More Voices, Better Audio, and AI Cover Art

This week brings major improvements to voice quality with AI-powered voice direction, an expanded library of 29 Gemini voices, and smarter podcast cover generation. Plus critical audio fixes and infrastructure upgrades.

We've been focused on making your podcasts sound more natural and professional. This week's updates bring AI-powered voice coaching that helps hosts sound distinct and authentic, plus we've unlocked a much larger voice library to choose from.

New Features

AI Voice Direction for Natural-Sounding Hosts

Your podcast hosts can now sound more authentic and distinct from each other. The system generates personalized voice profiles for each host based on their personality traits and accent, then provides director-style coaching to guide the performance. Each episode segment gets mood hints that help hosts match their energy to the content - excited for breaking news, thoughtful for deep dives.

You'll find expandable Voice Direction controls in your host settings where you can review and regenerate the AI-generated coaching notes. The Scene Description field on your podcast's general settings lets you set the overall tone and atmosphere.

Choose Your Text-to-Speech Provider

You can now pick between two text-to-speech engines for each podcast: Gemini (our new default with better rate limits) or ElevenLabs (for premium production quality). The Gemini voice browser lets you preview and select from 29 available voices, making it easy to find the perfect match for your hosts.

Switch providers anytime in your podcast's Hosts & Voices settings tab.

Expanded Voice Library

We've grown the Gemini voice library from 6 curated options to all 29 official Google Cloud voices. Each voice is now tagged by gender to help you filter and find the right fit faster.

Smarter Cover Art Generation

The AI cover generator now produces more authentic, intentional illustrations. We've refined the prompts to avoid generic AI-generated looks by prescribing specific illustration constraints, limited color palettes, and medium-specific authenticity markers.

Improvements

Better Script Direction Support

Script generation now uses a more natural direction format that works better with Gemini. Stage directions like pauses and reactions are formatted in a way that helps the AI understand and deliver them more naturally.

More Reliable Audio Processing

Fixed a critical bug where Gemini-generated audio files appeared to be the correct size but only played the first few seconds. The issue was in how we were combining multiple audio chunks - we now properly handle the raw audio data before creating the final file.

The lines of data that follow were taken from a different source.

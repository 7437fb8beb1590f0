//! What is looked up while a literal is written: the numbers of generators, and the edges of each entity.
ghost use Rattle.std.specs.Prelude.{◌≡◌, ◌+◌, ◌<◌, IfOk, length, sum, slice_get};
ghost use Rattle.cq_theory.specs.Tables.{key_at};
ghost use Rattle.cq_theory.specs.Canonical.{row_generator};
ghost use Rattle.cq_text.specs.Spelling.{starts_of, target_of, IsPlan, LeavesRow};

use crate::edges::{attributes_by_entity, keys_by_entity};
use cq_instance::Instance;
use std::alloc::{AllocError, Global};

/// The generators of each entity's first row and of the first null, from 0, and the attributes and the keys of
/// each entity by their numbers.
pub struct Plan {
    pub starts: Vec<u64>,
    pub first_null: u64,
    pub attributes: Vec<Vec<u32>>,
    pub keys: Vec<Vec<u32>>,
}

impl Drop for Plan {
    fn drop(self) {
        let Self {
            starts: _,
            first_null: _,
            attributes: _,
            keys: _,
        } = self;
    }
}

/// The plan of an instance.
pub fn plan_of(alloc: Global, instance: &Instance) -> Result<Plan, AllocError>
    ensures { IfOk result (IsPlan instance.now) }
{
    let counts = instance.sheet().counts.as_slice();
    let (starts, first_null) = find_starts(alloc, counts)?;
    let attributes = attributes_by_entity(alloc, instance)?;
    let keys = keys_by_entity(alloc, instance)?;
    Ok(Plan {
        starts,
        first_null,
        attributes,
        keys,
    })
}

/// The generator of each entity's first row, and that of the first null.
fn find_starts(alloc: Global, counts: &[u32]) -> Result<(Vec<u64>, u64), AllocError>
    ensures starts { IfOk result (λ made. made.0.items ≡ starts_of counts.now) }
    ensures null { IfOk result (λ made. made.1 ≡ sum counts.now) }
{
    let mut starts = Vec::with_capacity(alloc, counts.len())?;
    let mut next = 0u64;
    for count in counts {
        starts.push(next)?;
        next = sum_of(next, u64::from(*count))?;
    }
    Ok((starts, next))
}

/// The sum of two numbers of generators. One past 64 bits is told as want of memory: no memory holds that many
/// rows and nulls.
pub fn sum_of(left: u64, right: u64) -> Result<u64, AllocError>
    ensures { IfOk result (λ total. total ≡ left + right) }
{
    left.checked_add(right).ok_or(AllocError)
}

/// The generator of a row.
pub fn row_number(
    instance: &Instance,
    plan: &Plan,
    entity: u32,
    row: u32,
) -> Result<u64, AllocError>
    requires plan { IsPlan instance.now plan.now }
    requires entity { entity < length instance.now.schema.entities }
    ensures { IfOk result (λ number. number ≡ row_generator instance.now.schema instance.now.tables entity row) }
{
    sum_of(plan.starts[entity as usize], u64::from(row))
}

/// The generator of the row to which a key leads.
pub fn target_number(
    instance: &Instance,
    plan: &Plan,
    key: u32,
    row: u32,
) -> Result<u64, AllocError>
    requires plan { IsPlan instance.now plan.now }
    requires row { LeavesRow instance.now.tables instance.now.schema.keys row key }
    ensures { IfOk result (λ number. number ≡ row_generator instance.now.schema instance.now.tables
        (target_of (slice_get instance.now.schema.keys key)) (key_at instance.now.tables key row)) }
{
    row_number(
        instance,
        plan,
        target(instance, key),
        instance.key(key, row),
    )
}

/// The entity to which a key leads.
fn target(instance: &Instance, key: u32) -> u32
    requires { key < length instance.now.schema.keys }
    ensures entity { result ≡ target_of (slice_get instance.now.schema.keys key) }
    ensures within { result < length instance.now.schema.entities }
{
    instance.schema().keys.as_slice()[key as usize].to
}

When Gemini text-to-speech fails and automatically falls back to ElevenLabs, the system now correctly maps voice settings to prevent errors.

Improved Script Preprocessing

Section markers like "INTRO" and "SEGMENT 1" are now automatically removed from scripts before they're sent to text-to-speech, so they won't accidentally be read aloud in your episodes.

Bug Fixes

Fixed an issue where podcast audio assets (intro jingles, transition sounds, outro music) were missing from Gemini-generated episodes. Your branded audio now plays correctly regardless of which text-to-speech provider you use.

Knowledge graph isolation now works correctly per podcast. Previously, entities and topics from one podcast could leak into suggestions for another podcast in the same account.